Segment Start: Data listing

// The creators that differ from before the block.
fn creators_in<V: RowView>(work: &mut Work<V>) -> Result<CreatorChanges, EvalRefusal<V::Fault>>
    ensures sees { Sees V.tells work.old work.new result }
    ensures changes { V.tells ≡ true → ((id : ℕ) → HasOneCreator work.old.block id) → IfOk result (λ cs. AreCreatorChanges work.old.block work.old.now (map creator_change_of cs)) }
    ensures ordered { IfOk result (λ cs. IsStrictlySortedBy nat_cmp (map (λ c. c.id) cs)) }
{
    match work.creators() {
        Ok(creators) => Ok(creators),
        Err(Stop::View(fault)) => Err(EvalRefusal::View(fault)),
        Err(Stop::Memory) => Err(EvalRefusal::Memory),
        Err(Stop::Rule(_)) => unreachable!(),
    }
}

// The whole step over a work, with what it changes beside rows.
fn run_block<V: RowView>(
    alloc: Global,
    work: &mut Work<V>,
    before: &Before,
    units: u64,
    past: &Tail,
    block: &Block,
) -> Result<Taken, EvalRefusal<V::Fault>>
    requires level { work.old.level ≡ block.now.header.level }
    requires round { work.old.round ≡ block.now.header.round }
    requires special { work.old.special ≡ before.now.chain.special }
    requires most { block.now.header.round ≤ 2 ^ 62 }
    requires effects { All (λ i. All EffectInRange i.effects) block.now.items }
    requires counted { before.now.header.counter + sum_by size_of block.now.items < 2 ^ 64 }
    ensures step { RunsWhere V.tells (AskOne work.old.block block.now.items) (block_rows before.now units past.now block.now work.old.now) work.old work.new result }
    ensures round { OnOk result (block.now.header.round ≡ before.now.header.round + 1) }
    ensures entries { IfOk result (λ t. t.entries.items ≡ map (λ i. entry_of i.txn) block.now.items) }
    ensures creators { V.tells ≡ true → ((id : ℕ) → HasOneCreator work.old.block id) → IfOk result (λ t. AreCreatorChanges work.old.block work.new.now (map creator_change_of t.creators)) }
    ensures ordered { IfOk result (λ t. IsStrictlySortedBy nat_cmp (map (λ c. c.id) t.creators)) }
    ensures online { V.tells ≡ true → IfOk result (λ t. AreOnlineChanges work.old.block work.new.now (map online_change_of t.online)) }
    ensures rising { IfOk result (λ t. IsStrictlySortedBy address_cmp (map (λ c. c.address) t.online)) }
{
    let entries = block_rows(alloc, work, before, units, past, block)?;
    let creators = creators_in(work)?;
    let Ok(online) = work.online() else {
        return Err(EvalRefusal::Memory);
    };
    Ok(Taken {
        entries,
        creators,
        online,
    })
}

// What a block changes, with its header.
fn delta_of(
    alloc: Global,
    block: &Block,
    changes: Result<Changes, AllocError>,
    creators: CreatorChanges,
    online: OnlineChanges,
    totals: Totals,
) -> Result<RoundDelta, AllocError>
    ensures changes { IfOk result (λ d. changes ≡ Ok d.changes) }
    ensures creators { IfOk result (λ d. d.creators ≡ creators) }
    ensures online { IfOk result (λ d. d.online ≡ online) }
    ensures header { IfOk result (λ d. IsDeltaOf block.now.header d) }
    ensures totals { IfOk result (λ d. d.totals ≡ totals) }
{
    let header = block.header.copy(alloc)?;
    Ok(RoundDelta {
        round: header.round,
        hash: header_hash(alloc, &header)?,
        header,
        changes: changes?,
        creators,
        totals,
        online,
    })
}

// The step over a view that is given back.
fn eval_over<V: RowView>(
    alloc: Global,
    view: V,
    before: &Before,
    past: &Tail,
    block: &Block,
    answer: &mut Result<Evaluated, EvalRefusal<V::Fault>>,
) -> V
    requires most { block.now.header.round ≤ 2 ^ 62 }
    requires effects { All (λ i. All EffectInRange i.effects) block.now.items }
    requires counted { before.now.header.counter + sum_by size_of block.now.items < 2 ^ 64 }
    ensures lender { V.lender result ≡ V.lender view }
    ensures same { V.tells ≡ true → V.rows result ≡ V.rows view }
    ensures step { V.tells ≡ true → AskOne (V.rows view) block.now.items → Evals (block_rows before.now (units_before before.now) past.now block.now (V.rows view)) (V.rows view) (delta_in answer.new) }
    ensures created { V.tells ≡ true → ((id : ℕ) → HasOneCreator (V.rows view) id) → CreatorsFollow (block_rows before.now (units_before before.now) past.now block.now (V.rows view)) (V.rows view) (delta_in answer.new) }
    ensures totals { V.tells ≡ true → AskOne (V.rows view) block.now.items → TotalsFollow (block_rows before.now (units_before before.now) past.now block.now (V.rows view)) before.now block.now.header (V.rows view) (delta_in answer.new) }
    ensures stakes { V.tells ≡ true → AskOne (V.rows view) block.now.items → OnlineFollows (block_rows before.now (units_before before.now) past.now block.now (V.rows view)) (V.rows view) (delta_in answer.new) }
    ensures cause { IsCounted answer.new (V.failures view) (V.failures result) }
    ensures entries { IfOk answer.new (λ e. e.entries.items ≡ map (λ i. entry_of i.txn) block.now.items) }
    ensures ordered { IfOk answer.new (λ e. IsStrictlySortedBy key_cmp (map (λ c. c.key) e.delta.changes)) }
    ensures kept { IfOk answer.new (λ e. All (λ c. IfSome c.row (IsKept c.key)) e.delta.changes) }
    ensures creators { IfOk answer.new (λ e. IsStrictlySortedBy nat_cmp (map (λ c. c.id) e.delta.creators)) }
    ensures online { IfOk answer.new (λ e. IsStrictlySortedBy address_cmp (map (λ c. c.address) e.delta.online)) }
    ensures header { IfOk answer.new (λ e. IsDeltaOf block.now.header e.delta) }
    ensures next { IfOk answer.new (λ e. e.delta.round ≡ before.now.header.round + 1) }
{
    let header = &block.header;
    let mut work = Work::new(
        alloc,
        view,
        before.chain.special,
        header.level,
        header.round,
    );
    let units = before.totals.units();
    let run = run_block(alloc, &mut work, before, units, past, block);
    let mut totals = before.totals;
    totals.raise(header.level);
    let totals = work.totals(&totals);
    let (changes, view) = work.end();
    *answer = match run {
        Err(refusal) => Err(refusal),
        Ok(taken) => {
            match delta_of(alloc, block, changes, taken.creators, taken.online, totals) {
                Ok(delta) => Ok(Evaluated {
                    delta,
                    entries: taken.entries,
                }),
                Err(_) => Err(EvalRefusal::Memory),
            }
        }
    };
    view
}
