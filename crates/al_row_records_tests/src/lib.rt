//! Tests of the records of rows. They stand in a crate of their own, since a crate with tests is
//! proved twice.
#![tactic(auto)]

#[cfg(test)]
mod elements;
#[cfg(test)]
mod keys;
#[cfg(test)]
mod rows;
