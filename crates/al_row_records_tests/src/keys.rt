//! The keys of the tests, by number.
use al_base::{Address, BoxName, Key};

pub(crate) const ACCOUNT: u8 = 0;

pub(crate) const RESOURCE: u8 = 1;

pub(crate) const BOX: u8 = 2;

/// A box with the longest name.
pub(crate) const LONG_BOX: u8 = 3;

/// The key of a number.
pub(crate) fn key(number: u8) -> Option<Key> {
    match number {
        0 => Some(Key::Account(Address([9; 32]))),
        1 => Some(Key::Resource(Address([9; 32]), 258)),
        2 => Some(Key::Box(258, BoxName::new(b"name")?)),
        _ => Some(Key::Box(u64::MAX, BoxName::new(&[b'n'; 64])?)),
    }
}
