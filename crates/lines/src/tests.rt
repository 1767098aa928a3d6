//! When what is printed is written out.
use crate::running::run;
use std::io;
use std::io::{BufReader, Read, Write};
use std::test::Fail;

// Gives three bytes at a time.
#[derive(Drop)]
struct Dripping<'a>(&'a [u8]);

impl Read for Dripping<'_> {
    fn read(&mut self, buf: &mut [u8]) -> io::Result<usize> {
        let room = buf.len().min(3);
        self.0.read(&mut buf[..room])
    }
}

// Keeps how many bytes had been written at each flush.
#[derive(Drop)]
struct Flushes {
    written: usize,
    at: Vec<usize>,
}

impl Write for Flushes {
    fn write(&mut self, buf: &[u8]) -> io::Result<usize> {
        self.written = self.written.saturating_add(buf.len());
        Ok(buf.len())
    }

    fn flush(&mut self) -> io::Result<()> {
        self.at.push(self.written)?;
        Ok(())
    }
}

#[test]
fn a_piece_is_written_out_before_the_next(rt: HostRuntime) -> Result<(), Fail> {
    let mut input = BufReader::new(rt.alloc(), Dripping(b"ab\ncd\ne"))?;
    let mut output = Flushes {
        written: 0,
        at: Vec::new(rt.alloc()),
    };
    run(&mut input, &mut output)?;
    // "(line 1 (refused 1))" and a line end are 21 bytes, and the totals 45.
    assert_eq!(rt; output.at.as_slice(), [21, 42, 42, 108].as_slice());
    Ok(())
}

Segment End: Data listing

Each line of the data that holds "step" should be copied.

// The whole step over a work, with what it changes beside rows.
    ensures step { RunsWhere V.tells (AskOne work.old.block block.now.items) (block_rows before.now units past.now block.now work.old.now) work.old work.new result }
// The step over a view that is given back.
    ensures step { V.tells ≡ true → AskOne (V.rows view) block.now.items → Evals (block_rows before.now (units_before before.now) past.now block.now (V.rows view)) (V.rows view) (delta_in answer.new) }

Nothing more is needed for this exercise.